Author: Michael Holden

As a think tank dedicated to improving the long-term prosperity of western Canada, the Canada West Foundation is paying close attention to the signals being sent by the region’s provincial governments and the federal government in their 2013/14 budgets.

On April 11, the Foundation laid out four areas we hoped to see in Manitoba’s budget in our budget preview.

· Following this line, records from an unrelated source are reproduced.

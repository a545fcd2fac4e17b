//! What holds of actors that step freely. Each law is the contract of a function that does nothing, or only calls another law.
ghost use Rattle.std.specs.Prelude.{◌≡◌, ℕ, ◌+◌, ◌≤◌, Bool, true, false, List, [], ◌∷◌, ◌++◌, Option, Contains, count_by, length};
ghost use Rattle.std.specs.List.{AllByRecursion};
ghost use Rattle.acc_stamp.specs.declared.actors.Actor.{Actor};
ghost use Rattle.acc_message.specs.declared.entry.Event.{Event};
ghost use Rattle.acc_message.specs.declared.item.Item.{Item};
ghost use Rattle.acc_message.specs.Items.{same_actor, notes_of};
ghost use Rattle.acc_message.specs.NodeRules.{Act};
ghost use Rattle.acc_message.specs.Run.{Cluster, kept_of, is_down, EachStands};
ghost use Rattle.acc_safety.specs.Agreement.{Agreement};
ghost use Rattle.acc_safety.specs.Calm.{EachBegunIsAnswered};
ghost use Rattle.acc_safety.specs.Coverage.{Coverage};
ghost use Rattle.acc_safety.specs.SerialOutcomes.{SerialOutcomes};
ghost use Rattle.acc_payloads.specs.Items.{downs_in};
ghost use Rattle.acc_report.specs.Report.{is_begin, is_reply, last_line};
ghost use Rattle.acc_report_line.specs.declared.line.Line.{Line};
ghost use Rattle.acc_schedule.specs.Actors.{actors};
ghost use Rattle.acc_schedule.specs.Content.{Content};
ghost use Rattle.acc_schedule.specs.Plan.{IsPlan};
ghost use Rattle.acc_schedule.specs.declared.plan.Step.{Step};
ghost use Rattle.acc_schedule_runs.specs.Situations.{Stopped, Situation, whole, stopped_at, without, stops_of, receiver_in, waits, NothingWaits};
ghost use Rattle.acc_schedule_runs.specs.Moves.{Answers, with_item, event_in, entered, is_journalled, stopped_by, tried_if, tried, kept_if, reopened, Drains, IsNext};
ghost use Rattle.acc_schedule_runs.specs.Schedules.{cluster_of};
ghost use Rattle.acc_schedule_runs.specs.Laws.{NobodyIsDown};
ghost use Rattle.acc_pasts.specs.Entries.{entering, MayTake};
ghost use Rattle.acc_pasts.specs.Pasts.{IsUntouched};
ghost use Rattle.acc_pasts.specs.Stopped.{AreDifferent, IsSameStep, AreSameSteps};
ghost use Rattle.acc_free_laws.specs.Commands.{commands_of, is_restart, is_event_of, is_message, IsPassed, IsReady, IsHeld};
ghost use Rattle.acc_free_laws.specs.Turns.{Went};
ghost use Rattle.acc_free_laws.specs.FreeRun.{is_plain_event, IsUntaken, KeepsSixteen, AreOthers, IsFreeRun, alone};
ghost use Rattle.acc_free_laws.specs.Serving.{IsServing, MayStop, HasGone, AreStopsOf};
ghost use Rattle.acc_free_laws.specs.Served.{IsServed, IsQuiet, HasNoRecover, IsBegunIn};

use acc_calm::laws::calm;
use acc_plan_laws::laws::{plans_are_valid, plans_have_few_bodies};
use acc_run_laws::receivers::{messages_go_to_actors, nodes_are_actors};

/// No items are a free run, and of every actor all commands are left.
pub fn free_runs_begin()
    ensures items { (plan : Content) → IsFreeRun plan [] }
    ensures serving { (plan : Content) → IsPlan plan → IsServing plan (alone [] []) }
    ensures gone { (plan : Content) (a : Actor) → HasGone plan (alone [] []) a (commands_of plan a) }
{
    plans_are_valid();
    plans_have_few_bodies();
}

/// The items of other actors change nothing for an actor: whether something may be taken, what its next entry would be, and whether its
/// message was taken.
pub fn others_change_nothing()
    ensures untouched { (cluster : Cluster) (seen others : List Item) (a : Actor) → AreOthers a others →
        IsUntouched cluster seen (others ++ seen) a }
    ensures may { (cluster : Cluster) (seen others : List Item) (a : Actor) (event : Event) (act : Act) → AreOthers a others →
        EachStands cluster (others ++ seen) → is_plain_event event ≡ true → MayTake cluster seen a event act →
        MayTake cluster (others ++ seen) a event act }
    ensures entering { (cluster : Cluster) (seen others : List Item) (a : Actor) (event : Event) (act : Act) (lost : Bool) → AreOthers a others →
        MayTake cluster seen a event act → entering cluster (others ++ seen) a event lost ≡ entering cluster seen a event lost }
    ensures untaken { (cluster : Cluster) (seen others : List Item) (a : Actor) (event : Event) (act : Act) → AreOthers a others →
        EachStands cluster (others ++ seen) → MayTake cluster seen a event act → IsUntaken seen event → IsUntaken (others ++ seen) event }
{}

/// Nor do they change what the actor's steps would be, one after another.
pub fn others_change_no_step()
    ensures same { (cluster : Cluster) (seen others : List Item) (a : Actor) (event : Event) (act : Act) → AreOthers a others →
        MayTake cluster seen a event act → IsSameStep cluster seen (others ++ seen) a event }
    ensures all { (cluster : Cluster) (seen others : List Item) (a : Actor) (events : List Event) (lost : Bool) → AreOthers a others →
        AllByRecursion (λ event. (act : Act) × MayTake cluster seen a event act) events →
        AreSameSteps cluster seen (others ++ seen) a events lost }
{}

/// What an actor makes by the items that it has seen fits after these and any further items of others, be it an entry or a down.
pub fn turns_stay_fitting()
    ensures entry { (plan : Content) (seen others : List Item) (a : Actor) (event : Event) (act : Act) → Contains (actors plan.topology) a →
        AreOthers a others → MayTake (cluster_of plan) seen a event act → is_plain_event event ≡ true → kept_of event ≡ 0 →
        is_down a seen ≡ false → IsUntaken seen event → IsFreeRun plan (others ++ seen) →
        IsFreeRun plan (entering (cluster_of plan) seen a event false ∷ others ++ seen) }
    ensures down { (plan : Content) (items : List Item) (a : Actor) → Contains (actors plan.topology) a → IsFreeRun plan items →
        IsFreeRun plan (Item.Down a ∷ items) }
{}

/// Further items of others that come between what an actor has seen and what it made by that change nothing for it either, nor for its
/// stopped steps.
pub fn others_come_between()
    ensures entry { (cluster : Cluster) (seen others : List Item) (a : Actor) (event : Event) (act : Act) (lost : Bool) → AreOthers a others →
        MayTake cluster seen a event act →
        IsUntouched cluster (entering cluster seen a event lost ∷ seen) (entering cluster seen a event lost ∷ others ++ seen) a }
    ensures down { (cluster : Cluster) (seen others : List Item) (a : Actor) → AreOthers a others →
        IsUntouched cluster (Item.Down a ∷ seen) (Item.Down a ∷ others ++ seen) a }
    ensures stop { (cluster : Cluster) (seen others : List Item) (a : Actor) (event : Event) (act : Act) → AreOthers a others →
        MayTake cluster seen a event act → IsSameStep cluster (Item.Down a ∷ seen) (Item.Down a ∷ others ++ seen) a event }
    ensures stops { (cluster : Cluster) (seen others : List Item) (a : Actor) (events : List Event) (lost : Bool) → AreOthers a others →
        AllByRecursion (λ event. (act : Act) × MayTake cluster seen a event act) events →
        AreSameSteps cluster (Item.Down a ∷ seen) (Item.Down a ∷ others ++ seen) a events lost }
{}

/// What holds of the items that an actor has seen goes on holding with others' items, and so does what holds of all actors together.
pub fn turns_go_by()
    ensures went { (a : Actor) (seen others : List Item) (gone : List Step) (stop : Option Step) → AreOthers a others → Went a seen gone stop →
        Went a (others ++ seen) gone stop }
    ensures serving { (plan : Content) (seen others : List Item) (a : Actor) (stopped : List Stopped) → AreOthers a others →
        AreStopsOf a stopped → IsFreeRun plan (others ++ seen) → IsServing plan (alone seen stopped) →
        IsServing plan (alone (others ++ seen) stopped) }
    ensures gone { (plan : Content) (seen others : List Item) (a : Actor) (stopped : List Stopped) (left : List Step) → AreOthers a others →
        HasGone plan (alone seen stopped) a left → HasGone plan (alone (others ++ seen) stopped) a left }
    ensures together { (plan : Content) (items : List Item) (stopped : List Stopped) → IsPlan plan → IsFreeRun plan items →
        ((a : Actor) (event : Event) (events : List Event) → stopped_at a stopped ≡ event ∷ events →
        (one : List Stopped) × (stopped_at a one ≡ event ∷ events) × IsServing plan (alone items one)) → IsServing plan (alone items stopped) }
    ensures each { (plan : Content) (items : List Item) (stopped other : List Stopped) (a : Actor) (left : List Step) →
        stopped_at a other ≡ stopped_at a stopped → HasGone plan (alone items stopped) a left → HasGone plan (alone items other) a left }
{
    plans_are_valid();
    plans_have_few_bodies();
}

/// What entering something makes of a cluster that was opened after nothing.
pub fn alone_are_entered()
    ensures whole { (items : List Item) (stopped : List Stopped) → whole (alone items stopped) ≡ items }
    ensures event { (items : List Item) (stopped : List Stopped) (event : Event) → event_in (alone items stopped) event ≡ event }
    ensures entered { (cluster : Cluster) (items : List Item) (stopped : List Stopped) (a : Actor) (event : Event) (lost : Bool) →
        entered cluster (alone items stopped) a event lost ≡ alone (entering cluster items a event lost ∷ items) stopped }
    ensures stopped { (items : List Item) (stopped : List Stopped) (a : Actor) (events : List Event) →
        stopped_by a events (alone items stopped) ≡ alone (Item.Down a ∷ items) (stops_of a events ++ without a stopped) }
    ensures reopened { (cluster : Cluster) (items : List Item) (stopped : List Stopped) (a : Actor) →
        reopened cluster (alone items stopped) a []
        ≡ alone (entering cluster items a (Event.Restart 0) false ∷ items) (without a stopped) }
{}

/// A whole turn of an actor serves: it stepped by what it had seen, and its item came after items of others. It is an entry, or the down
/// of steps that its disk stopped.
pub fn turns_serve()
    ensures entry { (plan : Content) (seen others : List Item) (a : Actor) (stopped : List Stopped) (event : Event) (act : Act) →
        Contains (actors plan.topology) a → AreOthers a others → AreStopsOf a stopped → MayTake (cluster_of plan) seen a event act →
        is_plain_event event ≡ true → kept_of event ≡ 0 → is_down a seen ≡ false → IsUntaken seen event → IsFreeRun plan (others ++ seen) →
        IsServing plan (alone seen stopped) →
        IsServing plan (alone (entering (cluster_of plan) seen a event false ∷ others ++ seen) stopped) }
    ensures stop { (plan : Content) (seen others : List Item) (a : Actor) (stopped : List Stopped) (events : List Event) →
        Contains (actors plan.topology) a → AreOthers a others → AreStopsOf a stopped →
        AllByRecursion (MayStop (cluster_of plan) seen a) events → AreDifferent events → length events ≤ 16 →
        IsFreeRun plan (others ++ seen) → IsServing plan (alone seen stopped) →
        IsServing plan (alone (Item.Down a ∷ others ++ seen) (stops_of a events ++ without a stopped)) }
{}

/// The turn of a restart serves likewise: one that kept nothing, or the down of one whose disk failed.
pub fn restarting_turns_serve()
    ensures restart { (plan : Content) (seen others : List Item) (a : Actor) (stopped : List Stopped) → Contains (actors plan.topology) a →
        AreOthers a others → AreStopsOf a stopped → IsFreeRun plan (others ++ seen) → IsServing plan (alone seen stopped) →
        IsServing plan (alone (entering (cluster_of plan) seen a (Event.Restart 0) false ∷ others ++ seen) (without a stopped)) }
    ensures failure { (plan : Content) (seen others : List Item) (a : Actor) (stopped : List Stopped) → Contains (actors plan.topology) a →
        AreOthers a others → AreStopsOf a stopped → IsFreeRun plan (others ++ seen) → IsServing plan (alone seen stopped) →
        IsServing plan (alone (Item.Down a ∷ others ++ seen) stopped) }
{}

/// Such a turn may be that of the actor's next command: its entry, or the down of its step that a fault stopped.
pub fn commands_go_by()
    ensures entry { (plan : Content) (seen others : List Item) (a : Actor) (stopped : List Stopped) (event : Event) (act : Act) (command : Step)
        (left : List Step) → AreOthers a others → MayTake (cluster_of plan) seen a event act → is_event_of command event ≡ true →
        is_restart command ≡ false → HasGone plan (alone seen stopped) a (command ∷ left) →
        HasGone plan (alone (entering (cluster_of plan) seen a event false ∷ others ++ seen) stopped) a left }
    ensures stop { (plan : Content) (seen others : List Item) (a : Actor) (stopped : List Stopped) (event : Event) (command : Step)
        (left : List Step) → AreOthers a others → is_event_of command event ≡ true → is_restart command ≡ false →
        is_down a seen ≡ false → HasGone plan (alone seen stopped) a (command ∷ left) →
        HasGone plan (alone (Item.Down a ∷ others ++ seen) (stops_of a (event ∷ []) ++ without a stopped)) a left }
{}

The 2013/14 Budget Analysis assesses the degree to which progress is being made in these areas and presents five key findings:

  • This budget reflects an effort to reduce the deficit while maintaining priority spending. However, it does not advance a strategic long-term vision needed for Manitoba to secure a prosperous future.
  • Measures to increase education, skills and workforce participation could be meaningful if pursued aggressively and if protracted federal-provincial negotiations on skills training programs can be avoided.
  • Despite tax increases, the province will remain in the red. As a result, the government will have to work hard to find ways to support strategic economic initiatives in the coming year.
  • The budget produced mixed results on business tax competitiveness. Increasing the small business tax threshold is a positive step, but raising capital taxes on financial institutions is not.
  • The government highlighted the need to find opportunities to reduce the cost of government and increase efficiency. Steps to review existing funding and streamline internal operations to lower costs are critical to achieve that goal.